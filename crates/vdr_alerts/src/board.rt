// What is known of alerts, and what a sentence makes of it.
ghost use Rattle.std.specs.Prelude.{◌≡◌, ◌≤◌, ◌+◌, ℕ, suc, OnErr, OnOk, map, option_copied, vec_capacity, vec_len};
ghost use Rattle.std.specs.Io.KnownBytes.{Appends};
ghost use Rattle.vdr_outside.specs.Causes.{HasCause};
ghost use Rattle.vdr_outside.specs.Writes.{AppendsFront};
ghost use Rattle.vdr_alerts.specs.Alerts.{Lists, Tells, alert_cmp, behind_list, part_cmp};
ghost use Rattle.vdr_alerts.specs.Boards.{board_behind, empty, saying_text, told_text, with_alert, with_part};
ghost use Rattle.vdr_alerts.specs.Rows.{AreOrdered, IsPlaced, same_row};
ghost use Rattle.vdr_alerts.specs.Views.{HasRoom, IsOrdered, board_value, saying_value};

use crate::alert::Alert;
use crate::mark::Mark;
use crate::part::{Part, as_kept};
use crate::print::{print_change, print_gone};
use crate::rows::{found, put_row};
use crate::saying::Saying;
use std::alloc::{AllocError, Global};
use vdr_outside::{Failed, Sink};
use vdr_values::Reading;

/// What is known of alerts: the last sentences ALF and ALC of each group, source and sequential identifier, and the last priority and state of each
/// alert, in order.
#[derive(Drop)]
pub struct Board {
    pub(crate) parts: Vec<Part>,
    pub(crate) lists: Vec<Part>,
    pub(crate) alerts: Vec<Alert>,
}

fn place_of_part(rows: &[Part], part: &Part) -> Result<usize, usize>
    requires { AreOrdered part_cmp rows.now }
    ensures { IsPlaced (λ p. part_cmp p part.now) rows.now result }
{
    rows.binary_search_by(|row| row.order(part))
}

fn place_of_alert(rows: &[Alert], alert: &Alert) -> Result<usize, usize>
    requires { AreOrdered alert_cmp rows.now }
    ensures { IsPlaced (λ a. alert_cmp a alert.now) rows.now result }
{
    rows.binary_search_by(|row| row.order(alert))
}

// Tells an alert and keeps its state, where one is told.
fn tell_alert<O: Sink>(
    alerts: &mut Vec<Alert>,
    mark: &Mark,
    alert: Option<Alert>,
    title: &[u8],
    rest: &[u8],
    out: &mut O,
) -> Result<(), Failed>
    requires ordered { AreOrdered alert_cmp alerts.old.items }
    requires room { vec_len alerts.old + 1 ≤ vec_capacity alerts.old }
    ensures kept { OnOk result (alerts.new.items ≡ with_alert alerts.old.items alert) }
    ensures all { OnOk result (Appends (O.taken out.old) (O.taken out.new) (told_text mark.now alerts.old.items alert title.now rest.now)) }
    ensures front { AppendsFront (O.taken out.old) (O.taken out.new) (told_text mark.now alerts.old.items alert title.now rest.now) }
    ensures failed { OnErr result (alerts.new ≡ alerts.old) }
    ensures more { vec_len alerts.new ≤ vec_len alerts.old + 1 }
    ensures capacity { vec_capacity alerts.old ≤ vec_capacity alerts.new }
    ensures cause { HasCause (O.faults out.old) (O.faults out.new) result }
{
    let Some(alert) = alert else {
        return Ok(());
    };
    let place = place_of_alert(alerts.as_slice(), &alert);
    let before = found(alerts.as_slice(), place);
    print_change(mark, before, &alert, title, rest, out)?;
    put_row(alerts, place, alert);
    Ok(())
}

// Keeps a sentence.
fn keep_part(parts: &mut Vec<Part>, part: Part)
    requires ordered { AreOrdered part_cmp parts.old.items }
    requires room { vec_len parts.old + 1 ≤ vec_capacity parts.old }
    ensures kept { parts.new.items ≡ with_part parts.old.items part }
    ensures more { vec_len parts.new ≤ vec_len parts.old + 1 }
    ensures capacity { vec_capacity parts.old ≤ vec_capacity parts.new }
{
    let place = place_of_part(parts.as_slice(), &part);
    let row = as_kept(found(parts.as_slice(), place), part);
    put_row(parts, place, row);
}

// The last sentence of this one's group, source and sequential identifier.
fn before_part<'p>(parts: &'p [Part], part: &Part) -> Option<&'p Part>
    requires { AreOrdered part_cmp parts.now }
    ensures { option_copied result ≡ same_row part_cmp parts.now part.now }
{
    found(parts, place_of_part(parts, part))
}

// Takes a sentence of a list, alert by alert.
fn list_all(alerts: &mut [Alert], is_ended: bool, part: &Part, reading: &Reading<'_>)
    ensures { alerts.new ≡ map (behind_list is_ended part.now reading.now.values) alerts.old }
{
    for alert in alerts.iter_mut() {
        alert.list(is_ended, part, reading);
    }
}

impl Board {
    /// The board of no alert.
    pub fn new(alloc: Global) -> Board
        ensures { board_value result ≡ empty }
    {
        Board {
            parts: Vec::new(alloc),
            lists: Vec::new(alloc),
            alerts: Vec::new(alloc),
        }
    }

    /// Makes room for so many more sentences.
    ///
    /// `AllocError`: there was no memory. What is known stays as it was.
    pub fn make_room(&mut self, count: usize) -> Result<(), AllocError>
        ensures room { OnOk result (HasRoom self.new count) }
        ensures same { board_value self.new ≡ board_value self.old }
    {
        self.parts.reserve(count)?;
        self.lists.reserve(count)?;
        self.alerts.reserve(count)
    }

    fn tell_part<O: Sink>(&mut self, mark: &Mark, part: Part, out: &mut O) -> Result<(), Failed>
        requires ordered { IsOrdered (board_value self.old) }
        requires room { HasRoom self.old 1 }
        ensures kept { OnOk result (board_value self.new ≡ board_behind (board_value self.old) (Tells part)) }
        ensures all { OnOk result (Appends (O.taken out.old) (O.taken out.new) (saying_text mark.now (board_value self.old) (Tells part))) }
        ensures front { AppendsFront (O.taken out.old) (O.taken out.new) (saying_text mark.now (board_value self.old) (Tells part)) }
        ensures failed { OnErr result (self.new ≡ self.old) }
        ensures room { (n : ℕ) → HasRoom self.old (suc n) → HasRoom self.new n }
        ensures cause { HasCause (O.faults out.old) (O.faults out.new) result }
    {
        let before = before_part(self.parts.as_slice(), &part);
        let (alert, title) = (part.alert_told(before), part.title(before));
        tell_alert(&mut self.alerts, mark, alert, title, part.rest(), out)?;
        keep_part(&mut self.parts, part);
        Ok(())
    }

    fn tell_list<O: Sink>(
        &mut self,
        mark: &Mark,
        part: Part,
        reading: &Reading<'_>,
        out: &mut O,
    ) -> Result<(), Failed>
        requires ordered { IsOrdered (board_value self.old) }
        requires room { HasRoom self.old 1 }
        ensures kept { OnOk result (board_value self.new ≡ board_behind (board_value self.old) (Lists part reading.now.values)) }
        ensures all { OnOk result (Appends (O.taken out.old) (O.taken out.new) (saying_text mark.now (board_value self.old) (Lists part reading.now.values))) }
        ensures front { AppendsFront (O.taken out.old) (O.taken out.new) (saying_text mark.now (board_value self.old) (Lists part reading.now.values)) }
        ensures failed { OnErr result (self.new ≡ self.old) }
        ensures room { (n : ℕ) → HasRoom self.old (suc n) → HasRoom self.new n }
        ensures cause { HasCause (O.faults out.old) (O.faults out.new) result }
    {
        let is_ended = part.is_whole(before_part(self.lists.as_slice(), &part));
        print_gone(mark, is_ended, &part, reading, self.alerts.as_slice(), out)?;
        list_all(self.alerts.as_mut_slice(), is_ended, &part, reading);
        keep_part(&mut self.lists, part);
        Ok(())
    }

    /// Prints what a sentence tells of alerts, and keeps it. It takes no memory. Where a write fails, a front of the text is written, and what is known
    /// stays as it was.
    pub fn tell<O: Sink>(
        &mut self,
        mark: &Mark,
        saying: Saying<'_>,
        out: &mut O,
    ) -> Result<(), Failed>
        requires ordered { IsOrdered (board_value self.old) }
        requires room { HasRoom self.old 1 }
        ensures kept { OnOk result (board_value self.new ≡ board_behind (board_value self.old) (saying_value saying.entry)) }
        ensures all { OnOk result (Appends (O.taken out.old) (O.taken out.new) (saying_text mark.now (board_value self.old) (saying_value saying.entry))) }
        ensures front { AppendsFront (O.taken out.old) (O.taken out.new) (saying_text mark.now (board_value self.old) (saying_value saying.entry)) }
        ensures failed { OnErr result (self.new ≡ self.old) }
        ensures room { (n : ℕ) → HasRoom self.old (suc n) → HasRoom self.new n }
        ensures cause { HasCause (O.faults out.old) (O.faults out.new) result }
    {
        match saying {
            Saying::Tells(part) => self.tell_part(mark, part, out),
            Saying::Lists(part, reading) => self.tell_list(mark, part, &reading, out),
        }
    }
}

> [Exercise brief]
When you reach the line with "let place = place_of_alert(alerts.as_slice(), &alert);" in the records above, start writing out lines exactly, and stop once the line with "AreOrdered part_cmp parts.old.items" has been written; include nothing else.

> [Response to this exercise]
    let place = place_of_alert(alerts.as_slice(), &alert);
    let before = found(alerts.as_slice(), place);
    print_change(mark, before, &alert, title, rest, out)?;
    put_row(alerts, place, alert);
    Ok(())
}

// Keeps a sentence.
fn keep_part(parts: &mut Vec<Part>, part: Part)
    requires ordered { AreOrdered part_cmp parts.old.items }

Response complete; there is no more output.